Being just a workbench, I know it doesn't have to be perfect but I'd like something that'll last and can take a little beating. Any advice would be great.


----------



## Toolman50 (Mar 22, 2015)

Tempered Masonite makes a good workbench top. It will hold up better than MDF. Key word here is "tempered". When waxed, it is an easy top to clean. 
On a workbench, I think you need a 1 1/2" top. If you add the 1/4" or 3/16" Masonite, you're up to as much as 1 3/4". That will be good. A 3/4" top plus the Masonite will still be too thin in my opinion. 
The idea of building workbench tops like this is you can pull off the top and either turn it over or replace it when it starts to look bad.


----------



## TomCT2 (May 16, 2014)

MDF will bow under its own weigh on larger spans - 24" or so. a single 3/4 MDF panel will not a sturdy bench make....

but - always one of those . . . depends on what kind of stuff you envision doing on the bench.

weight: yeah, neat stuff weight. mass, does not move around, little bouncing, etc., when you start pounding on it or have something clamped for sawing / planing / whatever. MDF will not have enough weight to stay put - you'll need to fasten it to something somehow (floor / wall)

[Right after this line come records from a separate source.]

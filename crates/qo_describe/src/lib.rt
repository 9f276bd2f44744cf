//! The description of a board, as JSON (docs/PROFILE.md, descriptions): told of its objects, its rings,
//! and whether a removal is pending. No call changes the heap. The error of each call is want of memory.
#![tactic(auto)]

mod clocks;
mod describing;
mod devices;
mod entries;
mod given;
mod links;
mod objects;
mod parts;
mod rings;

pub use describing::describe;
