//! The whole description.

ghost use Rattle.std.specs.Prelude.{◌≡◌, ◌==◌, ◌&&◌, [], ◌∷◌, length, map, not, option_map, IfOk};
ghost use Rattle.serde_json.specs.View.{view};
ghost use Rattle.qo_heap.specs.Board.{Shows};
ghost use Rattle.qo_model.specs.Board.{Board};
ghost use Rattle.qo_model.specs.Objects.{detached};
ghost use Rattle.qo_model.specs.Paths.{children_of};
ghost use Rattle.qo_values.specs.declared.births.TheConstants.{ANONYMOUS_BIRTH};
ghost use Rattle.qo_save.specs.Described.{described, description};
ghost use Rattle.qo_save.specs.Description.{description_data, description_names, named, whole};
ghost use Rattle.qo_describe.specs.Beside.{HasBeside};

use crate::clocks::clock_value;
use crate::entries::has_children;
use crate::parts::{Part, link_list, part_list};
use crate::rings::ring_list;
use qo_heap::{Heap, Steps};
use qo_properties::detached_list;
use qo_values::{ANONYMOUS_BIRTH, OBJECTS_BIRTH, PERIPHERAL_BIRTH, Text};
use serde_json::{Value, json};
use std::alloc::{AllocError, Global};
use std::sync::ledger::Ledger;

/// A description as a JSON object.
fn description_json(
    alloc: Global,
    clock: Value,
    clocks: Value,
    devices: Value,
    links: Value,
    objects: Value,
    rings: Value,
) -> Result<Value, AllocError>
    ensures { IfOk result (λ v. view v ≡ named description_names (view clock ∷ view clocks ∷ view devices ∷ view links ∷ view objects ∷ view rings ∷ whole 1 ∷ [])) }
{
    json!(in alloc; {
        "clock": clock,
        "clocks": clocks,
        "devices": devices,
        "links": links,
        "objects": objects,
        "rings": rings,
        "version": 1u64,
    })
}

/// What a description says of a board with these objects and rings.
fn description<L: Ledger>(
    heap: &Heap,
    rings: &[(Text, u64)],
    alloc: Global,
    steps: &mut Steps<L>,
) -> Result<Value, AllocError>
    ensures { (b : Board) → Shows b heap.now → map (λ r. (r.id, r.size)) b.rings ≡ rings.now → IfOk result (λ v. view v ≡ description_data (description b)) }
{
    let clock = clock_value(heap, alloc, steps)?;
    let clocks = part_list(heap, Part::Clocks, PERIPHERAL_BIRTH, alloc, steps)?;
    let devices = part_list(heap, Part::Devices, PERIPHERAL_BIRTH, alloc, steps)?;
    let links = link_list(heap, alloc, steps)?;
    let objects = part_list(heap, Part::Objects, OBJECTS_BIRTH, alloc, steps)?;
    let rings = ring_list(alloc, rings)?;
    description_json(alloc, clock, clocks, devices, links, objects, rings)
}

/// Whether there are devices that were added without an id.
fn has_anonymous<L: Ledger>(heap: &Heap, steps: &mut Steps<L>) -> bool
    ensures { (b : Board) → Shows b heap.now → (length (children_of b ANONYMOUS_BIRTH) == 0) ≡ not result }
{
    match heap.by_birth(ANONYMOUS_BIRTH) {
        Some(container) => has_children(heap, container, steps),
        None => false,
    }
}

/// Whether each object but `/` has a parent, and each device was added with an id.
fn is_plain<L: Ledger>(heap: &Heap, alloc: Global, steps: &mut Steps<L>) -> Result<bool, AllocError>
    ensures { (b : Board) → Shows b heap.now → IfOk result (λ plain. plain ≡ ((length (detached b) == 0) && (length (children_of b ANONYMOUS_BIRTH) == 0))) }
{
    if has_anonymous(heap, steps) {
        return Ok(false);
    }
    let list = detached_list(heap, alloc, steps)?;
    Ok(list.as_slice().is_empty())
}

/// The description of a board with these objects, these rings, each an id and a size, and with pending
/// removals or without (docs/PROFILE.md, descriptions). `None` exactly where the board has none: an object
/// but `/` has no parent, a removal is pending, or a device was added without an id. The error is want of
/// memory.
pub fn describe<L: Ledger>(
    heap: &Heap,
    rings: &[(Text, u64)],
    pending: bool,
    alloc: Global,
    steps: &mut Steps<L>,
) -> Result<Option<Value>, AllocError>
    ensures { (b : Board) → Shows b heap.now → HasBeside b rings.now pending → IfOk result (λ told. option_map view told ≡ option_map description_data (described b)) }
{
    if pending {
        return Ok(None);
    }
    let plain = is_plain(heap, alloc, steps)?;
    if !plain {
        return Ok(None);
    }
    let told = description(heap, rings, alloc, steps)?;
    Ok(Some(told))
}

if you're looking into long term, go for 2.25 inch thick maple - can be special ordered but typically is not stocked. option 2, butcher block counter tops. ask - you might pick up a dinged up / special order with some error / etc real cheap. they're not as thick, but way more better than 3/4 MDF.


----------



## MT Stringer (Jul 21, 2009)

Use solid core door!


----------



## FrankC (Aug 24, 2012)

If you have money to burn go with the hardwood, otherwise use a couple layers of 3/4" MDF and cover it with hardboard, as a buddy of mine would say, "It is a workbench not a Piano Bench.":laugh2:


----------



## MT Stringer (Jul 21, 2009)

MT Stringer said:


> Use solid core door!


Like I said, a solid core door. I bought one at the Habitat ReStore for under $10. It made a great workbench. I covered it with Formica so glue and stains wouldn't stick. 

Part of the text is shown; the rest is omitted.